Rigirò l’oggetto fra le mani. Ma che mi succede?, pensò. Mi ha dato di volta il cervello? Come può essere più grosso? Lo esaminò accuratamente ancora una volta. Ora le pareva che i denti del tridente si fossero allungati e che fosse aumentato il peso totale. Oddio, ma come può essere?, si domandò.
Estrasse le foto che aveva portato con sé. Quelle del tridente erano state scattate tutte sott’acqua, e… sì, a guardar bene, due piccolissime differenze c’erano proprio: la bacchetta-asse sembrava più grossa e i denti più lunghi!
«Nick!» chiamò vivamente. «Nick, puoi venire un attimo?»
«Sono occupato» rispose una voce seccata dall’altra parte del tendaletto. «È importante?»
«No.

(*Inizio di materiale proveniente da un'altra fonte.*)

//! The layouts of the functions of a module that a run can come to.

ghost use Rattle.std.specs.Prelude.{◌≡◌, ◌≤◌, IfOk, length, true};
ghost use Rattle.sil_rules.specs.declared.limits.TheConstants.{VALUES};
ghost use Rattle.holder_model_typing.specs.holder_model.RunTyping.Runnable.{IsRunnable};
ghost use Rattle.sil_ast.specs.declared.function.Function as function;
ghost use Rattle.sil_types_declarations.specs.TypeDefinitions.Declarations.{declarations_of};
ghost use Rattle.sil_types.specs.Typing.Values.{value_types};
ghost use Rattle.holder_model_typing.specs.holder_model.Calling.{value_count};
ghost use Rattle.type_check_values.specs.TypingValues.inner.Told.{types_told};
ghost use Rattle.count_machine_layouts.specs.FrameLayouts.inner.Layouts as spec;
ghost use Rattle.count_machine_layouts.specs.FrameLayouts.inner.Layouts.{layout_to};
ghost use Rattle.count_machine_layouts.specs.FrameLayouts.inner.Laid.{AreLaid};
ghost use Rattle.count_machine_layouts.specs.FrameLayouts.inner.Sized.{HaveSizes};

use crate::frame_layouts::kept::kept_of;
use crate::frame_layouts::layout::Layout;
use sil_ast::{Exhausted, FuncId, Function, List, Module};
use sil_types::TypeTable;
use std::alloc::Global;
use type_check_rows::TypeView;
use type_check_values::{find_types, find_value_functions};

/// Lays out values, by their types and the functions that they stand for.
fn lay_out(
    alloc: Global,
    table: &TypeTable,
    types: &[Option<TypeView<'_>>],
    functions: &[Option<FuncId>],
) -> Result<Layout, Exhausted>
    requires sizes { HaveSizes table.now (types_told types.now) }
    requires few { length functions.now ≤ VALUES }
    ensures { IfOk result (λ l. l ≡ layout_to table.now (types_told types.now) functions.now (length functions.now)) }
{
    let mut layout = Layout::with_capacity(alloc, functions.len())?;
    for (number, function) in functions.iter().enumerate() {
        layout.push(kept_of(table, types, number, *function))?;
    }
    Ok(layout)
}

/// What is known of the values of one function.
#[derive(Drop)]
struct ValueFacts<'a> {
    types: Vec<Option<TypeView<'a>>>,
    functions: Vec<Option<FuncId>>,
}

/// Lays out a function, in the memory of these facts.
fn layout_of<'a>(
    alloc: Global,
    table: &'a TypeTable,
    f: &'a Function,
    facts: &mut ValueFacts<'a>,
) -> Result<Layout, Exhausted>
    requires sizes { HaveSizes table.now (value_types table.now f.now) }
    requires few { value_count f.now ≤ VALUES }
    ensures { IfOk result (λ l. l ≡ spec.layout_of table.now f.now) }
{
    find_types(&mut facts.types, table, f)?;
    find_value_functions(&mut facts.functions, f)?;
    lay_out(
        alloc,
        table,
        facts.types.as_slice(),
        facts.functions.as_slice(),
    )
}

/// Lays out a function that is reached; one that isn't takes no memory.
fn layout_where<'a>(
    alloc: Global,
    table: &'a TypeTable,
    reached: bool,
    f: &'a Function,
    facts: &mut ValueFacts<'a>,
) -> Result<Layout, Exhausted>
    requires sizes { HaveSizes table.now (value_types table.now f.now) }
    requires few { value_count f.now ≤ VALUES }
    ensures { IfOk result (λ l. reached ≡ true → l ≡ spec.layout_of table.now f.now) }
{
    if reached {
        layout_of(alloc, table, f, facts)
    } else {
        Ok(Layout::new(alloc))
    }
}

/// The layouts of the functions of a module that are marked as reached, each at its function's number.
pub fn layouts_of(
    alloc: Global,
    m: &Module,
    table: &TypeTable,
    reached: &[bool],
) -> Result<List<Layout>, Exhausted>
    requires runnable { IsRunnable m.now }
    requires of_it { table.now ≡ declarations_of m.now }
    requires marks { length reached.now ≡ length m.now.functions }
    ensures { IfOk result (AreLaid m.now reached.now) }
{
    let mut facts = ValueFacts {
        types: Vec::new(alloc),
        functions: Vec::new(alloc),
    };
    let mut layouts = List::with_capacity(alloc, m.functions.len())?;
    for (number, f) in m.functions.as_slice().iter().enumerate() {
        layouts.push(layout_where(alloc, table, reached[number], f, &mut facts)?)?;
    }
    Ok(layouts)
}
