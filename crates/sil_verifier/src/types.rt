//! The checks of items, types and typing, in their order.

ghost use Rattle.std.specs.Prelude.{◌≡◌, IfErr, IfOk, OnOk};
ghost use Rattle.numbered_form.specs.inner.NumberedForm.{IsNumbered};
ghost use Rattle.sil_types_declarations.specs.TypeDefinitions.Rules.{AreDeclarationsOf};
ghost use Rattle.sil_verifier_accepted.specs.AcceptedModules.Refusals.{HasTypes, IsRefusal};

use crate::typing::first_fault;
use sil_ast::Module;
use sil_types::{TypeRefusal, TypeTable};
use sil_verifier_accepted::StaticRefusal;
use std::alloc::Global;

/// The type table of a module that keeps 101 to 104, the limits on types and 201 to 212, and whose functions with a body all have
/// `[ossa]`. The refusal is the first of what is wrong: first by item, then the limits, then by function and point, then by vtable.
pub(crate) fn check_types(alloc: Global, m: &Module) -> Result<TypeTable, StaticRefusal>
    requires { IsNumbered m.now }
    ensures table { IfOk result (λ table. AreDeclarationsOf table m.now) }
    ensures ok { OnOk result (HasTypes m.now) }
    ensures err { IfErr result (IsRefusal m.now) }
{
    let table = match TypeTable::build(alloc, m) {
        Ok(table) => table,
        Err(TypeRefusal::Rule { rule, item }) => return Err(StaticRefusal::Item { rule, item }),
        Err(TypeRefusal::Limit { what }) => return Err(StaticRefusal::Limit { what }),
        Err(TypeRefusal::Memory) => return Err(StaticRefusal::Memory),
    };
    match first_fault(alloc, m, &table)? {
        Some(fault) => Err(StaticRefusal::Typing { fault }),
        None => Ok(table),
    }
}
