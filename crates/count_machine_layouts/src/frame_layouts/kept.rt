//! What a frame keeps of a value, by its type.

ghost use Rattle.std.specs.Prelude.{◌≡◌, option_map};
ghost use Rattle.holder_model_typing.specs.holder_model.RunTyping.Forms.{form_by, form_with};
ghost use Rattle.holder_model_values.specs.RunValues.Shapes.{shape_of};
ghost use Rattle.holder_model_values.specs.RunValues.Shapes as shapes;
ghost use Rattle.sil_ast.specs.declared.type_name.TypeName.TheVariants as type;
ghost use Rattle.sil_types.specs.Typing.Shapes as typing;
ghost use Rattle.sil_types.specs.Typing.Values.{type_at};
ghost use Rattle.sil_types_declarations.specs.TypeDefinitions.Declarations.{Declarations};
ghost use Rattle.sil_types_declarations.specs.TypeDefinitions.Mentions.{direct_type, target_of};
ghost use Rattle.type_check_rows.specs.inner.Views.{view_told};
ghost use Rattle.type_check_values.specs.TypingValues.inner.Told.{types_told};
ghost use Rattle.count_machine_layouts.specs.FrameLayouts.inner.Layouts as layouts;
ghost use Rattle.count_machine_layouts.specs.FrameLayouts.inner.Sized.{HasSize, HaveSizes};

use crate::frame_layouts::layout::Kept;
use crate::frame_layouts::sizes::{leaves_given, leaves_written};
use sil_ast::{FuncId, Given, Storage, TypeName};
use sil_types::shapes::target;
use sil_types::{TypeTable, only_direct_type};
use type_check_rows::TypeView;

/// How a place of this type keeps its value, where it is weak or unowned storage.
fn storage_in(ty: &TypeName) -> Option<Storage>
    ensures { (d : Declarations) → result ≡ shapes.storage_in (shape_of d ty.now) }
{
    match ty {
        TypeName::Weak(_) => Some(Storage::Weak),
        TypeName::Unowned(_) => Some(Storage::Unowned),
        TypeName::Int(_) => None,
        TypeName::Named(_) => None,
        TypeName::Optional(_) => None,
        TypeName::Tuple(_) => None,
        TypeName::Address(_) => None,
    }
}

/// Of the address of a place of this type.
fn kept_at(table: &TypeTable, ty: &TypeName) -> Kept
    requires { HasSize table.now ty.now }
    ensures { result ≡ layouts.kept_of (form_with table.now (type.Address ty.now) (typing.target (type.Address ty.now))) }
{
    Kept::Address {
        size: table.leaves(ty),
        storage: storage_in(ty),
    }
}

/// Of a value of this type.
fn kept_of_type(table: &TypeTable, ty: &TypeName) -> Kept
    requires { HasSize table.now (target_of ty.now) }
    ensures { result ≡ layouts.kept_of (form_with table.now ty.now (typing.target ty.now)) }
{
    match target(ty) {
        Some(inner) => kept_at(table, inner),
        None => Kept::Leaves(table.leaves(ty)),
    }
}

/// Of what a signature with these results gives.
fn kept_of_given(table: &TypeTable, results: &[Given]) -> Kept
    requires { HasSize table.now (target_of (direct_type results.now)) }
    ensures { result ≡ layouts.kept_of (form_with table.now (direct_type results.now) (typing.target (direct_type results.now))) }
{
    match only_direct_type(results) {
        Some(ty) => kept_of_type(table, ty),
        None => Kept::Leaves(leaves_given(table, results)),
    }
}

/// Of a value of the type that a view tells.
fn kept_of_view(table: &TypeTable, view: &TypeView<'_>) -> Kept
    requires { HasSize table.now (target_of (view_told view.now)) }
    ensures { result ≡ layouts.kept_of (form_with table.now (view_told view.now) (typing.target (view_told view.now))) }
{
    match view {
        TypeView::Written(ty) => kept_of_type(table, ty),
        TypeView::AddressOf(ty) => kept_at(table, ty),
        TypeView::WeakAddress(_) => Kept::Address {
            size: 1,
            storage: Some(Storage::Weak),
        },
        TypeView::UnownedAddress(_) => Kept::Address {
            size: 1,
            storage: Some(Storage::Unowned),
        },
        TypeView::TupleOf(operands) => Kept::Leaves(leaves_written(table, operands)),
        TypeView::GivenBy(results) => kept_of_given(table, results),
    }
}

/// Of a value without a type, by the function that it stands for.
fn kept_of_function(function: Option<FuncId>) -> Kept
    ensures { (d : Declarations) → result ≡ layouts.kept_of (form_by d None function) }
{
    match function {
        Some(function) => Kept::Function(function),
        None => Kept::Nothing,
    }
}

/// The type of the value with this number.
fn type_told<'a>(types: &[Option<TypeView<'a>>], number: usize) -> Option<TypeView<'a>>
    ensures { option_map view_told result ≡ type_at (types_told types.now) number }
{
    match types.get(number) {
        Some(found) => *found,
        None => None,
    }
}

/// Of the value with this number, by the types of all values and the function that it stands for.
pub(crate) fn kept_of(
    table: &TypeTable,
    types: &[Option<TypeView<'_>>],
    number: usize,
    function: Option<FuncId>,
) -> Kept
    requires { HaveSizes table.now (types_told types.now) }
    ensures { result ≡ layouts.kept_of (form_by table.now (type_at (types_told types.now) number) function) }
{
    match type_told(types, number) {
        Some(view) => kept_of_view(table, &view),
        None => kept_of_function(function),
    }
}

Anzi, sì» rispose Carol. «Ma può aspettare finché non avrai finito.»
La sua mente, intanto, era in subbuglio. Ci sono solo due possibilità: è o cambiato o non lo è. Se non lo è, sono io che vedo i fantasmi: perché, più grosso, sembra proprio. Ma se è cambiato, come ha fatto? O c’è riuscito da solo o è stato qualcuno. Ma chi? Nick? Ma come avrebbe potuto lui…?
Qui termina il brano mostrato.